Inhibition of AMPA Receptors by Volatile Anesthetics
The subunit composition of ligand-gated channels influences the potency of the agonist as well as the potency of antagonists. Consistent with our previous observations in acutely isolated pyramidal neurons, the potency of kainate for receptor activation in cultured neurons was increased in GluR2-deficient receptors. 12,28,32In addition, the in vitro studies demonstrated the insensitivity of hippocampal AMPA receptors to clinically relevant concentrations of volatile anesthetics. The IC50values of halothane and isoflurane were fourfold to 11-fold greater than MAC equivalent concentrations, respectively. Furthermore, isoflurane is a more potent general anesthetic compared with halothane for immobilization (halothane > isoflurane > enflurane), whereas the concentrations of halothane and isoflurane required to reduce kainate-evoked current by 50% determined in this study were 1.27 and 1.38%, respectively. These results are consistent with studies of halothane inhibition of excitatory postsynaptic currents recorded in hippocampal pyramidal neurons from 2–3-week-old rats in which the IC50values were 660 and 590 μm, respectively. 28,33In addition, recombinant AMPA receptors expressed in oocytes were insensitive to clinically relevant concentrations of halothane, isoflurane, and enflurane. 34These data suggest that inhibition of postsynaptic AMPA receptors by volatile anesthetics contributes little to the sensitivity of both the (+/+) and GluR2 (−/−) mice. Inhibition of excitatory postsynaptic potentials from rat hippocampal slice were notably more sensitive to halothane and isoflurane inhibition, possibly because of a predominant presynaptic effect of volatile anesthetics on the vesicular release of glutamate. 35
From a clinical perspective, the GluR2 subunit may be down-regulated as a result of several disease processes, including stroke, cerebral palsy, schizophrenia, Alzheimer disease, and amyotrophic lateral sclerosis. Interestingly, despite the likely reductions in GluR2 subunit expression after forebrain ischemia, MAC values for halothane were unchanged in rats subjected to ischemia and reperfusion. 36,37These observations are consistent with our results that indicate MAC was unchanged in GluR2 (−/−) mice, although forebrain ischemia may not induce changes in receptor complement at the level of the spinal cord. Our results predict that the hypnotic and analgesic properties of anesthetics would be enhanced in patients suffering from disorders associated with a reduction in GluR2 receptor complement.

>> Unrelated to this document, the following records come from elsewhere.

// One hold of the lock: the call is played on the object, and its entry is added.
ghost use Rattle.std.specs.Prelude.{◌≡◌, ℕ, true, [], ◌∷◌, List, Option, None, Some, IfOk, IfErr, IsOk, IfSome, MatchOption, MatchResult, option_map};
ghost use Rattle.turn_table.specs.declared.view.View.{View};
ghost use Rattle.turn_table.specs.Meaning.{MayFollow, HasRoom};
ghost use Rattle.turn_table.specs.Views.{holding};
ghost use Rattle.turn_table.specs.Turns.{About, IsReady, MayMake, MayLetGo, maker, new_hand, made_of, Outs};
ghost use Rattle.turn_table.specs.Steps.{decided, let_go};
ghost use Rattle.turn_table.specs.Calls.{Began, MayCall, Played, Took, Looked};

use crate::object::{Object, Turn};
use crate::rule::MakeHand;
use crate::table::TurnTable;
use crate::view::{HandSeat, View};
use atomic_table::Seat;
use points::NoMemory;
use std::marker::Brand;
use std::snapshot::Snapshot;
use std::sync::Wait;

// The table, and the seat that has the lock.
#[derive(Drop)]
pub(crate) struct Hold<'a, O: Object> {
    table: &'a TurnTable<O>,
    seat: Seat<Option<O>, View<O::Told, O::State>>,
}

impl<'a, O: Object> Turn<O> for Hold<'a, O> {
    ghost about = { λ h. record { table = h.table.now.table.shared.table_id; seat = h.seat.table_id; id = h.seat.id; carried = h.seat.me.1 } };

    ghost view = { λ h. h.seat.me.0 };

    fn make_hand(&mut self) -> Result<HandSeat<O::Told, O::State>, NoMemory> {
        Ok(
            self.table
                .table
                .shared
                .split_seat::<MakeHand<O>>(&mut self.seat)
                .into_badge(),
        )
    }
}

impl<O: Object> TurnTable<O> {
    // Plays a call on the object that is out. Where it answers Ok, its entry is the last of the history.
    fn play(
        &self,
        object: &mut O,
        seat: Seat<Option<O>, View<O::Told, O::State>>,
        call: O::Call,
    ) -> (
        Seat<Option<O>, View<O::Told, O::State>>,
        Result<O::Reply, O::Call>,
    )
        requires table { (seat.table_id ≡ self.now.table.shared.table_id) × (seat.me.1 ≡ (0, None) ∷ []) }
        requires held { seat.me.0.holds ≡ holding (O.state object.old) None }
        requires may { MayCall O.meaning (O.told call) (O.back call) seat.me.0.role }
        ensures id { (result.0.table_id ≡ seat.table_id) × (result.0.id ≡ seat.id) }
        ensures carries { result.0.me.1 ≡ (0, None) ∷ [] }
        ensures lets { MayLetGo O.meaning (O.state object.new) result.0.me.0 }
        ensures ok { IfOk result.1 (λ r. Played O.meaning (MayFollow O.meaning O.Meets) (O.back call) (option_map (λ h. h.1) (O.given r)) (O.told call r) (O.state object.old) seat.me.0 result.0.me.0) }
        ensures given { IfOk result.1 (λ r. IfSome (O.given r) (λ h. h.0 ≡ self.now.table.shared.table_id)) }
        ensures err { IfErr result.1 (λ c. (c ≡ call) × (result.0.me.0 ≡ seat.me.0)) }
        ensures free { O.is_free call ≡ true → IsOk result.1 }
    {
        let asked = Snapshot::of(&call);
        let mut hold = Hold { table: self, seat };
        let result = object.play(&mut hold, call);
        let Hold { table: _, mut seat } = hold;
        match result {
            Ok(reply) => {
                self.decide::<Brand>(&mut seat, &asked, &reply);
                (seat, Ok(reply))
            }
            Err(call) => (seat, Err(call)),
        }
    }

    // One call under the lock.
    pub(crate) fn turn<R: Wait>(
        &self,
        rt: &R,
        mut seat: Seat<Option<O>, View<O::Told, O::State>>,
        call: O::Call,
    ) -> (
        Seat<Option<O>, View<O::Told, O::State>>,
        Result<O::Reply, O::Call>,
    )
        requires table { (seat.table_id ≡ self.now.table.shared.table_id) × (seat.me.1 ≡ []) }
        requires may { MayCall O.meaning (O.told call) (O.back call) seat.me.0.role }
        ensures id { (result.0.table_id ≡ seat.table_id) × (result.0.id ≡ seat.id) × (result.0.me.1 ≡ []) }
        ensures ok { IfOk result.1 (λ r. Took O.meaning (MayFollow O.meaning O.Meets) (O.state self.now.table.shared.key.object.value) self.now.table.shared.key.desks (O.back call) (option_map (λ h. h.1) (O.given r)) (O.told call r) seat.me.0 result.0.me.0) }
        ensures given { IfOk result.1 (λ r. IfSome (O.given r) (λ h. h.0 ≡ self.now.table.shared.table_id)) }
        ensures err { IfErr result.1 (λ c. (c ≡ call) × Looked O.meaning (MayFollow O.meaning O.Meets) (O.state self.now.table.shared.key.object.value) self.now.table.shared.key.desks seat.me.0 result.0.me.0) }
        ensures free { O.is_free call ≡ true → IsOk result.1 }
    {
        let mut object = self.begin(rt, &mut seat);
        let (mut seat, result) = self.play(&mut object, seat, call);
        self.finish(&mut seat, object);
        (seat, result)
    }
}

In summary, our findings support the concept that multiple populations of receptor mediate the various behavioral end points associated with the anesthetic state. Genetically modified mice provide a tool to examine the molecular basis for changes in anesthetic sensitivity. However, our findings illustrate the challenge of interpreting the basis for altered anesthetic sensitivity in mutant mouse models. To understand drug actions at the behavioral level, investigation at the single receptor must expand to incorporate dynamic neuronal networks.